86. The method of claim 82, wherein said growth hormone is not glycosylated.

87. The method of claim 82, wherein said corn plant expression vector is pwrg4825.

88. Transformed corn plants and corn seed prepared by the method of claim 82.

89. A method of preparing bioactive, authentic human growth hormone from corn seed of claim 82, further comprising the steps of (a) extracting powdered corn seed with buffered saline, wherein said extraction is carried out at a pH ranging from about pH 8 to about pH 10; (b) adding urea to a concentration of about 2M to 3.5 M urea; (c) adjusting the pH of the extract to about pH 5; (d) clarifying the solution; (e) purifying by cation exchange chromatography, wherein said cation exchange chromatography is carried out in the presence of urea at a pH from about 4.5 to about 5.5; and (f) purifying by anion exchange chromatography, wherein said anion exchange chromatography is carried out in the absence of urea at a pH from about 7.0 to about 8.0.

90. A cytokine that is produced from a plant host system expressing a nucleic acid sequence wherein said nucleic acid sequence comprises: a first nucleic acid sequence capable of regulating the transcription in said plant host system of a second nucleic acid sequence wherein said nucleic acid sequence encodes a 5′ regulatory region is linked in reading frame to a third nucleic acid sequence encoding a cytokine.

91. A method for producing a cytokine in a plant host system wherein said plant host system has been transformed with a chimeric nucleic acid sequence encoding a cytokine, comprising the step of: cultivating said transformed plant host system under the appropriate conditions to result in expression of said cytokine, wherein said expressed cytokine is free from amino acid modifications in said plant host system.

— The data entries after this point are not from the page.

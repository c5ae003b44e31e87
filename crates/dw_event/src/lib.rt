//! Records and events: their cells, the bytes that tell records apart, the place that a digest of those
//! bytes gives each, and what a reader sees of them.
#![tactic(auto)]

mod canon;
mod cells;
mod counts;
mod days;
mod laws;
mod marks;
mod places;
mod records;
mod reports;
mod types;
mod uids;
mod viewing;
mod views;

pub use canon::{canonical, canonical_tells_apart};
pub use cells::{Cells, EventCell};
pub use counts::{After, ValueCount};
pub use days::Days;
pub use dw_base::{Listed, OutOfMemory};
pub use laws::pages_are_the_answer;
pub use marks::MarkUid;
pub use places::place;
pub use records::{Event, Held, Place, Record};
pub use reports::{Bad, BadReason, BadRecord, Report, Shown};
pub use types::Types;
pub use uids::{ConstUid, ShaUid, UidMaker};
pub use viewing::{view, view_cells, views_are_exact};
pub use views::{Pair, View};

#[cfg(test)]
mod tests;
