use super::*;
use dw_derive::field_cell;
use dw_key::{Bytes, encode};
use dw_outside::{MemKeeper, Put};
use std::test::Fail;

/// Sets a cell of table 3 under the bytes of a key.
fn set(keeper: &mut MemKeeper, key: Bytes, content: Bytes) -> Result<(), Fail> {
    let put = Put {
        table: 3,
        key,
        content,
    };
    keeper.apply(&[put])?;
    Ok(())
}

/// Sets a cell of table 3 by its row, its family and its content.
fn set_meta(keeper: &mut MemKeeper, alloc: Global, cell: [&[u8]; 3]) -> Result<(), Fail> {
    let [row, family, content] = cell;
    let key = Key {
        row: Bytes::of(alloc, row)?,
        family: Bytes::of(alloc, family)?,
        qualifier: Bytes::new(alloc),
        vis: Bytes::new(alloc),
        stamp: 0,
    };
    set(keeper, encode(alloc, &key)?, Bytes::of(alloc, content)?)
}

/// The batch 258, two fields, grants to ann and bob, and after each a cell that breaks its form.
fn store(alloc: Global) -> Result<MemKeeper, Fail> {
    let mut keeper = MemKeeper::without_reads(alloc);
    let cells: [[&[u8]; 3]; 10] = [
        [b"commit", b"", b"\0\0\0\0\0\0\x01\x02"],
        [b"commit", b"B", b"\0\0\0\0\0\0\x01\x03"],
        [b"field", b"A", b"\x04\x01\x01"],
        [b"field", b"B", b"\x02\0\0"],
        [b"field", b"C", b"\0\0\x01"],
        [b"field", b"d", b"\0\x01\0"],
        [b"grant", b"ann", b"\0\x02AB\0\x01S"],
        [b"grant", b"bob", b""],
        [b"grant", b"cid", b"\0\x01S\0\x01A"],
        [b"grant", b"", b"\0\x01S"],
    ];
    for cell in cells {
        set_meta(&mut keeper, alloc, cell)?;
    }
    set(
        &mut keeper,
        Bytes::of(alloc, b"commit")?,
        Bytes::of(alloc, b"\0")?,
    )?;
    Ok(keeper)
}

/// The content of the cell that a field would have.
fn rule_bytes(alloc: Global, start: &Start, field: &str) -> Result<Bytes, OutOfMemory> {
    let put = field_cell(alloc, field, start.dict.look(field))?;
    Ok(put.content)
}

/// How many names a caller was granted, where he was granted any set of them.
fn granted_names(alloc: Global, start: &Start, caller: &str) -> Result<Option<usize>, OutOfMemory> {
    let caller = Text::of(alloc, caller)?;
    Ok(
        start
            .grants
            .get(&caller)
            .map(|names| names.as_slice().len()),
    )
}

fn has_name(alloc: Global, start: &Start, caller: &str, name: &[u8]) -> Result<bool, OutOfMemory> {
    let caller = Text::of(alloc, caller)?;
    Ok(
        start
            .grants
            .get(&caller)
            .is_some_and(|names| names.has(name)),
    )
}

#[test]
fn the_number_and_the_fields_are_read(rt: HostRuntime) -> Result<(), Fail> {
    let mut keeper = store(rt.alloc())?;
    let start = read_start(rt.alloc(), &mut keeper)?;
    assert!(rt; start.last == 258);
    let fields: [(&str, &[u8]); 4] = [
        ("A", b"\x04\x01\x01"),
        ("B", b"\x02\0\0"),
        ("C", b"\0\0\0"),
        ("d", b"\0\0\0"),
    ];
    for (field, content) in fields {
        let bytes = rule_bytes(rt.alloc(), &start, field)?;
        assert!(rt; bytes.as_slice() == content, "at {field}");
    }
    Ok(())
}

#[test]
fn the_grants_are_read(rt: HostRuntime) -> Result<(), Fail> {
    let mut keeper = store(rt.alloc())?;
    let start = read_start(rt.alloc(), &mut keeper)?;
    assert!(rt; start.grants.len() == 2);
    for (caller, count) in [("ann", Some(2)), ("bob", Some(0)), ("cid", None)] {
        let names = granted_names(rt.alloc(), &start, caller)?;
        assert!(rt; names == count, "at {caller}");
    }
    for name in [b"AB".as_slice(), b"S".as_slice()] {
        assert!(rt; has_name(rt.alloc(), &start, "ann", name)?);
    }
    Ok(())
}
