use dw_base::Text;
use dw_key::DType;

/// How often a value of a field was taken in for the events of one day and type: a row of what discovery
/// lists, in the order of value, day and type.
#[derive(Debug, Drop)]
pub struct ValueCount {
    /// The normal form of the value.
    pub value: Text,
    /// Eight digits.
    pub day: Text,
    pub dtype: DType,
    pub count: u64,
}

/// The row after which a list of values goes on.
#[derive(Debug, Drop)]
pub struct After {
    pub value: Text,
    pub day: Text,
    pub dtype: DType,
}
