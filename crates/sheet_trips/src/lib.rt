// The round trips of sheets: theorems, all in specs/.
#![tactic(auto)]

92. A method for producing a cytokine in a plant host system wherein said plant host system has been transformed with a chimeric nucleic acid sequence encoding a cytokine, comprising the step of: cultivating said transformed plant host system under the appropriate conditions to result in expression of said cytokine, wherein said expressed cytokine is free novel glycosylation in said plant host system.